Internal data is often the first place that companies look when they start to think about analytics and insights. But they shouldn’t overlook the wealth of value that can be gained from mining external and third-party datasets.
Information about your own operations, such as sales transactions and operational performance, can tell you what has happened in the past and help you make educated guesses about what will happen in the future. External data sources can help you understand what your competition is doing, as well as how trends such as consumer behavior patterns, market dynamics or even the weather can impact your performance. In my opinion, an understanding of both is essential today, if you want to make the most of the transformative opportunities offered by data and analytics.

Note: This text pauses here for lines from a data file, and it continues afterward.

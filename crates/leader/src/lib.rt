#![tactic(auto)]
// The step of a leader, kinds 4 to 8, on tables that were judged: receipt, and Phase1a, Phase2a and Decide of document 001. It is lent
// one inbox, N and its bytes of the summary; it reads Decided from the summary alone, and Phase2a's conditions from the inbox alone (the crate
// phase2a). The call by itself, which judges the tables first, is the crate leader_call.
//
//     evaluate, perform      what an event comes to, and that stored (see the crate change) and marked (see the crate summary)
ghost use Rattle.std.specs.Prelude.{true, ◌≡◌};
ghost use Rattle.message.specs.Outcome.{accepted, and_then, outcome};
ghost use Rattle.message.specs.Plan.{is_plan};
ghost use Rattle.slots.specs.View.Bytes.{view_bytes};
ghost use Rattle.change.specs.Change.{applied};
ghost use Rattle.change.specs.declared.Sent.{Sent};
ghost use Rattle.summary.specs.Summary.{decided_bytes};
ghost use Rattle.leader.specs.Leader.{receipt_store, receipt, send_only, phase1a, decide_send, leader_verdict_by};
ghost use Rattle.leader.specs.Leader.{stands, summary_after, leader_step_of, leader_marked};

use change::{Change, Sent, Update};
use event::Kind;
use message::{Message, Plan, Refusal};
use slots::{Place, Put};

// Kind 4: 14 where the message is not in the inbox and there is no room. Only the place is asked for: the message would be copied with it.
fn receipt_store(plan: Plan, inbox: &[u8], m: Message) -> Result<Change, Refusal>
    ensures { outcome result ≡ receipt_store (view_bytes plan inbox.now) m }
{
    let put = match search::locate_message(plan, inbox, m) {
        Place::At(_) => None,
        Place::Free(place) => Some(Put { place, m }),
        Place::Full => return Err(Refusal::InboxFull),
    };
    Ok(Change {
        table: Update::Inbox(put),
        network: None,
        sent: Sent::Quiet,
    })
}

// Kind 4: 9 where the message is no 1b, no 2b and no 2a at ballot 0.
#[tactic(auto, unfolding(crate::specs::Leader::receipt, message::specs::Outcome::refuse_if))]
fn receipt_of(plan: Plan, inbox: &[u8], m: Message) -> Result<Change, Refusal>
    ensures { outcome result ≡ receipt (view_bytes plan inbox.now) m }
{
    match m {
        Message::Phase1a { .. } => Err(Refusal::Role),
        Message::Phase1b { .. } => receipt_store(plan, inbox, m),
        Message::Phase2a { bal, .. } => {
            if bal != 0 {
                return Err(Refusal::Role);
            }
            receipt_store(plan, inbox, m)
        }
        Message::Phase2b { .. } => receipt_store(plan, inbox, m),
        Message::Decision { .. } => Err(Refusal::Role),
    }
}

// A message sent, with nothing for the inbox: 13 without room in N.
fn send_only(plan: Plan, network: &[u8], m: Message) -> Result<Change, Refusal>
    ensures { outcome result ≡ send_only (view_bytes plan network.now) m }
{
    let sending = search::send_message(plan, network, m).ok_or(Refusal::NetworkFull)?;
    Ok(Change {
        table: Update::Inbox(None),
        network: sending.put,
        sent: Sent::Slot(sending.slot),
    })
}

// Kind 5: 10 where the ballot is not owned.
fn phase1a_of(
    plan: Plan,
    network: &[u8],
    who: u8,
    instance: u8,
    ballot: u8,
) -> Result<Change, Refusal>
    requires { is_plan plan ≡ true }
    ensures { outcome result ≡ phase1a plan (view_bytes plan network.now) who instance ballot }
{
    if !phase2a::owns_ballot(plan, who, ballot) {
        return Err(Refusal::Ballot);
    }
    send_only(
        plan,
        network,
        Message::Phase1a {
            ins: instance,
            bal: ballot,
        },
    )
}

// Kind 4: 8 where the slot has no message.
fn receive(plan: Plan, inbox: &[u8], network: &[u8], slot: usize) -> Result<Change, Refusal>
    ensures { outcome result ≡ and_then ((view_bytes plan network.now).slot slot) (receipt (view_bytes plan inbox.now)) }
{
    let m = slots::message_at(network, slot)?;
    receipt_of(plan, inbox, m)
}

// Kinds 7 and 8: 12 where the decision is not enabled.
fn decide_send(plan: Plan, network: &[u8], enabled: bool, val: u8) -> Result<Change, Refusal>
    ensures { outcome result ≡ decide_send (view_bytes plan network.now) enabled val }
{
    if !enabled {
        return Err(Refusal::NotEnabled);
    }
    send_only(plan, network, Message::Decision { val })
}

// What the event comes to: 1 for the plan, 7 where it is no event of a leader, then 8, 9, 10, 12, 13 or 14. It judges no table: in one that
// nobody judged it takes the slot's bytes for a message.
#[tactic(auto, using(event::proofs::Reading::unread), unfolding(crate::specs::Leader::leader_verdict_by, message::specs::Outcome::refuse_if))]
pub fn evaluate(
    plan: Plan,
    inbox: &[u8],
    summary: &[u8],
    network: &[u8],
    event: &[u8],
) -> Result<Change, Refusal>
    ensures { outcome result ≡
        leader_verdict_by plan (stands summary.now) (view_bytes plan inbox.now) (view_bytes plan network.now) event.now }
{
    if !message::is_plan(plan) {
        return Err(Refusal::Plan);
    }
    let Some(event) = event::read_event(plan, event) else {
        return Err(Refusal::Event);
    };
    match event.kind {
        Kind::Receipt => receive(plan, inbox, network, event.slot()),
        Kind::Phase1a => phase1a_of(plan, network, event.who, event.high, event.low),
        Kind::Phase2a => phase2a::propose(plan, inbox, network, event.who, event.high, event.low),
        Kind::Commit => decide_send(plan, network, summary::all_prepared(plan, summary), 1),
        Kind::Abort => decide_send(plan, network, summary::some_aborted(plan, summary), 2),
        _ => Err(Refusal::Event),
    }
}

// An accepted receipt marks the message that it took; no other event changes the summary.
fn mark_receipt(plan: Plan, inbox: &[u8], summary: &mut [u8], network: &[u8], event: &[u8])
    ensures { (sent : Sent) → summary.new ≡
        summary_after (decided_bytes plan inbox.now) (view_bytes plan network.now) event.now (accepted sent) summary.old }
{
    if message::byte_at(event, 0) == Kind::Receipt as u8 {
        summary::mark(plan, inbox, summary, network, event::slot_number(event));
    }
}

// Evaluates, stores and marks; a refusal changes no byte. It judges no table.
pub fn perform(
    plan: Plan,
    inbox: &mut [u8],
    summary: &mut [u8],
    network: &mut [u8],
    event: &[u8],
) -> Result<Sent, Refusal>
    ensures { leader_step_of result inbox.new summary.new network.new ≡
        leader_marked (decided_bytes plan) (view_bytes plan) summary.old event.now
        (applied plan inbox.old network.old
        (leader_verdict_by plan (stands summary.old) (view_bytes plan inbox.old) (view_bytes plan network.old) event.now)) }
{
    let verdict = evaluate(plan, inbox, summary, network, event);
    let sent = change::apply(plan, inbox, network, verdict)?;
    mark_receipt(plan, inbox, summary, network, event);
    Ok(sent)
}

Today, artificial intelligence (AI) and machine learning, fueled by data, is quickly becoming a hugely transformative force in many industries and markets. However, not every company has the resources of an Amazon or a Walmart that allow it to generate vast amounts of proprietary, internal data from a customer base of millions. Fortunately, external data can be just as useful and has the advantage of being readily available to just about anyone.
During the Covid-19 pandemic, rapidly changing behavior meant that many of the existing models used by businesses to predict demand or forecast change became obsolete overnight. A large amount of their internal data now held little use. During this period, companies often found that external data held the key to building new models to predict how people would react to changing circumstances. Data on internet search traffic was particularly valuable for everything from tracking the spread of the virus to predicting where behavior changes would be most severe, to understanding what people’s new priorities were in a changing world.
External datasets may be publicly available – for example, many governments make a wide range of information available through portals such as data.gov and data.gov.uk. Alternatively, they might be privately held, and either made available for free (for example, Google's basic search and trends data services) or for a cost. Companies such as Nielsen and Experian provide marketing and demographic data from a huge range of sources, and niche providers have emerged carrying specialist datasets of value to many different industries.
When one US glass manufacturer was looking to diversify its revenue streams, it found that it was able to predict where window repairs were most likely to be needed by analyzing publicly available crime data. By streamlining its supply chain and prepping mobile repair units, it was able to quickly build a profitable new business unit providing emergency repairs. On an industry-wide scale, finance and credit card companies have long used external data from credit reference agencies to assess the risks of lending to individual customers. And real estate businesses use public databases of property sales to estimate the value of houses they buy, sell and lease.
Special mention should also be given to the role that external data plays in the transformative power of the “digital twin." This is a simulated version of a business, a product, or a process that can be used to predict how different variables will affect its performance in the real world. While the “twin” model is generally built using internal data, external data can be used to simulate the “world” that the twin exists in. For example, Goodyear creates simulated versions of its tires using data from its manufacturing processes. It then uses external data on the structure and condition of road surfaces, as well as weather data, to create realistic environments that can be used to predict the performance of new tire prototypes.
Of course, there's no such thing as a free lunch, and there are challenges when it comes to working with external data, even if it's provided at no cost. One is that as you don’t have direct control of the means of capturing the data, you might find yourself overly reliant on the data provider, which might vanish or drastically alter its methods of operating at any time. If you’ve used resources to build analytics tools around these services, and they suddenly aren't available anymore, this could be a problem.
As well as that, there can be technical issues. Working with multiple datasets from different providers means you have to make sure your data is in a format that can be easily correlated and merged with each other. The most valuable insights often come from combining two or more different and entirely separate datasets. A data engineering or cleansing job is often necessary to get it all into a state where this is possible.
Finally, bear in mind that as you may require many different data sources, which could range from satellite imagery and meteorological data to anonymized customer data, you may have to build and maintain relationships with several different data suppliers. This brings compliance issues, as you will always have to be sure that the data you’re buying has been collected and processed in a lawful and ethical way. The amount of compliance and regulation around the use of data is becoming greater by the day, and as a data processor, you may very well find yourself facing a potentially expensive penalty if your suppliers aren’t all above-board.
If your organization is capable of putting plans and strategies in place to manage all of that, then working with external data has the potential to be extremely rewarding. It means your data and analytics strategy is no longer only about "you" but becomes about building an awareness of the environments and ecosystems around your business in which it operates. It can allow you to streamline and drive efficiencies throughout your existing business models or even transform in a way that allows you to create entirely new ones.